FDA is issuing this Federal Register
notice to request that stakeholder
representatives from patient and
consumer groups, health care
professional associations, as well as
scientific and academic experts, notify
FDA of their intent to participate in the
periodic stakeholder consultation
meetings on PDUFA reauthorization.
FDA believes that consistent
stakeholder representation at these
meetings will be important to ensure
progress in these discussions. If you
wish to participate in the stakeholder
consultation meetings, please designate
one or more representatives from your
organization who will commit to
attending these meetings and preparing
for the discussions.

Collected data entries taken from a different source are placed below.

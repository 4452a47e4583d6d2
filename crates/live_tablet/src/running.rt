//! A whole run: a loader, and scanners that read beside it.
ghost use Rattle.std.specs.Prelude.{◌≡◌, ℕ, ◌≤◌, ◌++◌, ◌∷◌, [], Some, All, length, map, take, IfOk, OnOk};
ghost use Rattle.std.specs.Arc.{arc_value};
ghost use denote.Param.Send.{IsSync};
ghost use Rattle.cell_key.specs.Mutations.{row_change_of};
ghost use Rattle.iter_config.specs.RulesOf.{rules_of};
ghost use Rattle.tablet_steps.specs.ModelSteps.{model_answer_of};
ghost use Rattle.tablet_view.specs.Extending.{Extends};
ghost use Rattle.tablet_core.specs.State.{CoreState, state_of};
ghost use Rattle.tablet_core.specs.Status.{IsStatusOf};
ghost use Rattle.tablet_loader.specs.Loads.{after_chunks, after_jobs, after_plan, answers_to, chunks_of, empty_load, log_with_all};
ghost use Rattle.live_tablet.specs.Runs.{AreNumberedWalks, AreOfTablet, AreWalksOf};
ghost use Rattle.scan_session.specs.ScanCalls.{all_pieces};
ghost use Rattle.scan_session.specs.Takes.{mode_of};
ghost use Rattle.live_tablet.specs.Reading.{AreSame};
ghost use Rattle.live_tablet.specs.Scans.{IsScanOver};
ghost use Rattle.live_tablet.specs.States.{load_in, rules_of_loader};

use crate::loader::Loader;
use crate::opening::{Readers, open};
use crate::reader::LiveReader;
use crate::reading::{Reading, read_all};
use crate::scanner::Scanner;
use crate::walk::{Walk, WalkShape, walk_from};
use cell_key::{Mutation, NoMemory};
use iter_config::Config;
use std::alloc::Global;
use std::sync::{Arc, Wait};
use std::thread::{Threads, join_mut};
use tablet_core::StoreStatus;
use tablet_io::Gate;
use tablet_loader::Answers;
use tablet_view::View;

/// How a run is made: with how many scanners, with how many mutations a chunk, and with how many entries a fetch.
#[derive(Clone, Copy, Debug, PartialEq, Eq)]
pub struct LiveShape {
    /// From 1 to 8.
    pub scanners: u32,
    /// From 1 on.
    pub chunk: u32,
    /// From 1 on.
    pub batch: u32,
}

/// What a scanner gave: beside the loader, and once more when all was loaded.
#[derive(Drop)]
pub struct ScannerWalks {
    pub beside: Walk,
    pub last: Walk,
}

/// What a run came to: the answers to the mutations, what each scanner gave, and what the store has at the end.
#[derive(Drop)]
pub struct LiveRun {
    pub answers: Answers,
    pub walks: Vec<ScannerWalks>,
    pub status: StoreStatus,
}

/// The scanner of a number, whose reader has learnt a note of the last publish, where it allows it. It takes memory.
fn scanner_of(
    alloc: Global,
    loader: &mut Loader,
    number: u32,
    reader: LiveReader,
    batch: u32,
) -> Result<Scanner, NoMemory>
    requires batch { 1 ≤ batch }
    requires tablet { reader.tablet ≡ loader.old.tablet }
    ensures loader { loader.new ≡ loader.old }
    ensures tablet { IfOk result (λ scanner. scanner.reader.tablet ≡ loader.old.tablet) }
{
    let mut reader = reader;
    let note = loader.tell(alloc)?;
    if reader.allows(&note) {
        reader.learn(note);
    }
    Scanner::open(alloc, number, reader, batch)
}

fn add<T: Drop>(list: &mut Vec<T>, item: T) -> Result<(), NoMemory>
    ensures { OnOk result (list.new.items ≡ list.old.items ++ item ∷ []) }
{
    Ok(list.push(item)?)
}

/// A scanner for each reader, numbered from 1 on. It takes memory.
fn scanners_of(
    alloc: Global,
    loader: &mut Loader,
    readers: Readers,
    batch: u32,
) -> Result<Vec<Scanner>, NoMemory>
    requires batch { 1 ≤ batch }
    requires readers { All (λ reader. reader.tablet ≡ loader.old.tablet) readers }
    ensures loader { loader.new ≡ loader.old }
    ensures tablets { IfOk result (λ scanners. AreOfTablet loader.old.tablet scanners.items) }
    ensures each { IfOk result (λ scanners. length scanners.items ≡ length readers) }
{
    let mut readers = readers;
    let mut scanners = Vec::new(alloc);
    let mut number = 0u32;
    while let Some(reader) = readers.take() {
        number = number.saturating_add(1);
        let scanner = scanner_of(alloc, loader, number, reader, batch)?;
        add(&mut scanners, scanner)?;
    }
    Ok(scanners)
}

/// Mutations come in, and the jobs of the last chunk are ended, while readers read.
fn load_beside<R: Threads + Wait + Sync, G: Gate + Sync, S: Reading<G> + Send>(
    rt: &R,
    alloc: Global,
    loader: &mut Loader,
    mutations: &[Mutation],
    chunk: u32,
    answers: &mut Answers,
    readers: &mut [S],
    gate: &G,
) -> Result<(), NoMemory>
    requires chunk { 1 ≤ chunk }
    requires shown { loader.old.published ≡ loader.old.core.view }
    ensures load { OnOk result (load_in loader.new
        ≡ after_jobs (rules_of_loader loader.old) (after_chunks (rules_of_loader loader.old) (load_in loader.old) (chunks_of chunk (map row_change_of mutations.now)))) }
    ensures log { OnOk result (loader.new.core.view.log ≡ log_with_all (rules_of_loader loader.old) loader.old.core.view.log (map row_change_of mutations.now)) }
    ensures answers { OnOk result (map model_answer_of answers.new
        ≡ map model_answer_of answers.old ++ map (λ a. Some a) (answers_to (rules_of_loader loader.old) loader.old.core.view.log (map row_change_of mutations.now))) }
    ensures extends { OnOk result (Extends loader.new.core.view loader.old.core.view) }
    ensures tablet { OnOk result (loader.new.tablet ≡ loader.old.tablet) }
    ensures readers { AreSame S.same readers.new readers.old }
{
    let loader = &mut *loader;
    let mutations = &*mutations;
    let answers = &mut *answers;
    let readers = &mut *readers;
    let ((), loaded) = join_mut(
        rt,
        &mut ||
            requires { IsSync R.row × IsSync G.row }
            ensures { AreSame S.same readers.exit.now readers.entry.now }
        { read_all(rt, alloc, readers, gate) },
        &mut || -> Result<(), NoMemory>
            requires { IsSync R.row × IsSync G.row × (1 ≤ chunk) × (loader.now.published ≡ loader.now.core.view) }
            ensures load { OnOk result (load_in loader.exit.now
                ≡ after_jobs (rules_of_loader loader.entry.now) (after_chunks (rules_of_loader loader.entry.now) (load_in loader.entry.now) (chunks_of chunk (map row_change_of mutations.entry.now)))) }
            ensures log { OnOk result (loader.exit.now.core.view.log ≡ log_with_all (rules_of_loader loader.entry.now) loader.entry.now.core.view.log (map row_change_of mutations.entry.now)) }
            ensures answers { OnOk result (map model_answer_of answers.exit.now
                ≡ map model_answer_of answers.entry.now ++ map (λ a. Some a) (answers_to (rules_of_loader loader.entry.now) loader.entry.now.core.view.log (map row_change_of mutations.entry.now))) }
            ensures extends { OnOk result (Extends loader.exit.now.core.view loader.entry.now.core.view) }
            ensures tablet { OnOk result (loader.exit.now.tablet ≡ loader.entry.now.tablet) }
        { loader.load_rest(rt, alloc, mutations, chunk, answers, gate) },
    );
    loaded
}

/// What a scanner gave beside the loader, and what it gives once more over what was loaded: its reader has learnt a note of the last
/// publish, where it allows it. Where one of these is no whole scan over the mutations of this view, such a scan stands in its place.
/// It takes memory.
fn walks_of<G: Gate>(
    alloc: Global,
    loader: &mut Loader,
    whole: &Arc<View>,
    scanner: Scanner,
    shape: WalkShape,
    gate: &G,
) -> Result<ScannerWalks, NoMemory>
    requires batch { 1 ≤ shape.batch }
    requires tablet { scanner.reader.tablet ≡ loader.old.tablet }
    ensures loader { loader.new ≡ loader.old }
    ensures beside { IfOk result (λ walks. IsScanOver (arc_value whole.now).config (arc_value whole.now).log (mode_of shape.isolated) shape.batch shape.least
        (all_pieces walks.beside.fetches) walks.beside.end) }
    ensures last { IfOk result (λ walks. IsScanOver (arc_value whole.now).config (arc_value whole.now).log (mode_of shape.isolated) shape.batch
        (length (arc_value whole.now).log) (all_pieces walks.last.fetches) walks.last.end) }
{
    let mut scanner = scanner;
    scanner.learn(loader.tell(alloc)?);
    let beside = scanner.start_again(alloc)?;
    scanner.run(alloc, gate);
    let beside = walk_from(alloc, beside, whole, shape)?;
    let least = whole.mutations();
    let last = walk_from(
        alloc,
        scanner.into_scan(),
        whole,
        WalkShape { least, ..shape },
    )?;
    Ok(ScannerWalks { beside, last })
}

/// What each scanner gave and gives, numbered from 1 on. It takes memory.
fn all_walks<G: Gate>(
    alloc: Global,
    loader: &mut Loader,
    whole: &Arc<View>,
    scanners: Vec<Scanner>,
    batch: u32,
    least: u64,
    gate: &G,
) -> Result<Vec<ScannerWalks>, NoMemory>
    requires batch { 1 ≤ batch }
    requires tablets { AreOfTablet loader.old.tablet scanners.items }
    requires few { length scanners.items ≤ 8 }
    ensures loader { loader.new ≡ loader.old }
    ensures walks { IfOk result (λ walks. AreNumberedWalks (arc_value whole.now).config (arc_value whole.now).log least batch 1 walks.items) }
    ensures each { IfOk result (λ walks. length walks.items ≡ length scanners.items) }
{
    let mut scanners = scanners;
    scanners.reverse();
    let mut walks = Vec::new(alloc);
    let mut number = 0u32;
    while let Some(scanner) = scanners.pop() {
        number += 1;
        let shape = WalkShape {
            isolated: number % 2 == 0,
            batch,
            least,
        };
        let given = walks_of(alloc, loader, whole, scanner, shape, gate)?;
        add(&mut walks, given)?;
    }
    Ok(walks)
}

/// The first chunk comes in, if there is one. It takes memory, and may wait for readers.
fn load_first<R: Threads + Wait + Sync, G: Gate>(
    rt: &R,
    alloc: Global,
    loader: &mut Loader,
    first: &[Mutation],
    answers: &mut Answers,
    gate: &G,
) -> Result<(), NoMemory>
    requires shown { loader.old.published ≡ loader.old.core.view }
    ensures load { (chunk : ℕ) → length first.now ≤ chunk
        → OnOk result (load_in loader.new ≡ after_chunks (rules_of_loader loader.old) (load_in loader.old) (chunks_of chunk (map row_change_of first.now))) }
    ensures log { OnOk result (loader.new.core.view.log ≡ log_with_all (rules_of_loader loader.old) loader.old.core.view.log (map row_change_of first.now)) }
    ensures answers { OnOk result (map model_answer_of answers.new
        ≡ map model_answer_of answers.old ++ map (λ a. Some a) (answers_to (rules_of_loader loader.old) loader.old.core.view.log (map row_change_of first.now))) }
    ensures extends { OnOk result (Extends loader.new.core.view loader.old.core.view) }
    ensures published { OnOk result (loader.new.published ≡ loader.new.core.view) }
    ensures tablet { OnOk result (loader.new.tablet ≡ loader.old.tablet) }
{
    if first.is_empty() {
        return Ok(());
    }
    loader.load_chunk(rt, alloc, first, answers, gate)
}

/// A run of a tablet that was just opened. It takes memory, and may wait for readers.
fn run_open<R: Threads + Wait + Sync, G: Gate + Sync>(
    rt: &R,
    alloc: Global,
    loader: &mut Loader,
    readers: Readers,
    mutations: &[Mutation],
    shape: LiveShape,
    gate: &G,
) -> Result<LiveRun, NoMemory>
    requires shape { (1 ≤ shape.chunk) × (1 ≤ shape.batch) }
    requires empty { (load_in loader.old ≡ empty_load) × (loader.old.core.view.log ≡ []) }
    requires shown { loader.old.published ≡ loader.old.core.view }
    requires readers { All (λ reader. reader.tablet ≡ loader.old.tablet) readers × (length readers ≤ 8) }
    ensures answers { IfOk result (λ run. map model_answer_of run.answers ≡ map (λ a. Some a) (answers_to (rules_of_loader loader.old) [] (map row_change_of mutations.now))) }
    ensures walks { IfOk result (λ run. AreNumberedWalks loader.old.core.view.config (log_with_all (rules_of_loader loader.old) [] (map row_change_of mutations.now))
        (length (log_with_all (rules_of_loader loader.old) [] (take shape.chunk (map row_change_of mutations.now)))) shape.batch 1 run.walks.items) }
    ensures each { IfOk result (λ run. length run.walks.items ≡ length readers) }
    ensures status { IfOk result (λ run. (k : CoreState) × (state_of k ≡ (after_plan (rules_of_loader loader.old) shape.chunk (map row_change_of mutations.now)).store)
        × (k.view.log ≡ log_with_all (rules_of_loader loader.old) [] (map row_change_of mutations.now)) × IsStatusOf k run.status) }
{
    let (first, rest) = mutations.split_at(mutations.len().min(shape.chunk as usize));
    let mut answers = Answers::new(alloc);
    load_first(rt, alloc, loader, first, &mut answers, gate)?;
    let least = loader.view().mutations();
    let mut scanners = scanners_of(alloc, loader, readers, shape.batch)?;
    let beside = scanners.as_mut_slice();
    load_beside(
        rt,
        alloc,
        loader,
        rest,
        shape.chunk,
        &mut answers,
        beside,
        gate,
    )?;
    let whole = Arc::try_clone(loader.view())?;
    let walks = all_walks(alloc, loader, &whole, scanners, shape.batch, least, gate)?;
    let status = loader.status(alloc)?;
    Ok(LiveRun {
        answers,
        walks,
        status,
    })
}

/// Loads mutations into a new tablet while scanners read it, and has each scanner read once more what was loaded. The mutations come in
/// in chunks, each of them beside the jobs that wait and the scanners, and each is published. It takes memory, and may wait for
/// readers. That threads run beside each other is no part of the contract.
pub fn run_mutations<R: Threads + Wait + Sync, G: Gate + Sync>(
    rt: &R,
    alloc: Global,
    config: Arc<Config>,
    mutations: &[Mutation],
    shape: LiveShape,
    gate: &G,
) -> Result<LiveRun, NoMemory>
    requires scanners { (1 ≤ shape.scanners) × (shape.scanners ≤ 8) }
    requires sizes { (1 ≤ shape.chunk) × (1 ≤ shape.batch) }
    ensures answers { IfOk result (λ run. map model_answer_of run.answers ≡ map (λ a. Some a) (answers_to (rules_of (arc_value config)) [] (map row_change_of mutations.now))) }
    ensures walks { IfOk result (λ run. AreNumberedWalks (arc_value config) (log_with_all (rules_of (arc_value config)) [] (map row_change_of mutations.now))
        (length (log_with_all (rules_of (arc_value config)) [] (take shape.chunk (map row_change_of mutations.now)))) shape.batch 1 run.walks.items) }
    ensures each { IfOk result (λ run. length run.walks.items ≡ shape.scanners) }
    ensures status { IfOk result (λ run. (k : CoreState) × (state_of k ≡ (after_plan (rules_of (arc_value config)) shape.chunk (map row_change_of mutations.now)).store)
        × (k.view.log ≡ log_with_all (rules_of (arc_value config)) [] (map row_change_of mutations.now)) × IsStatusOf k run.status) }
{
    let (mut loader, readers) = open(rt, alloc, config, shape.scanners)?;
    let run = run_open(rt, alloc, &mut loader, readers, mutations, shape, gate);
    loader.close(rt);
    run
}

Stakeholders who
identify themselves through this notice
will be included in all stakeholder
consultation discussions while FDA
negotiates with the regulated industry. If
a stakeholder decides to participate in
these monthly meetings at a later time,
that stakeholder may join the remaining
monthly stakeholder consultation
meetings after notifying FDA of this
intention (see ADDRESSES). These
stakeholder discussions will satisfy the
consultation requirement in section
736B(d)(3) of the FD&C Act.
II. Notification of Intent To Participate
in Periodic Stakeholder Consultation
Meetings
If you intend to participate in
continued periodic stakeholder
consultation meetings regarding PDUFA
reauthorization, please provide
notification by email to
PDUFAReauthorization@fda.hhs.gov by
August 28, 2015. Your email should
contain complete contact information,
including name, title, affiliation,
address, email address, phone number,
and notice of any special
accommodations required because of
disability. Stakeholders will receive
confirmation and additional information
about the first meeting after FDA
receives this notification.
Dated: July 14, 2015.
Leslie Kux,
Associate Commissioner for Policy.
[FR Doc. 2015–17684 Filed 7–17–15; 8:45 am]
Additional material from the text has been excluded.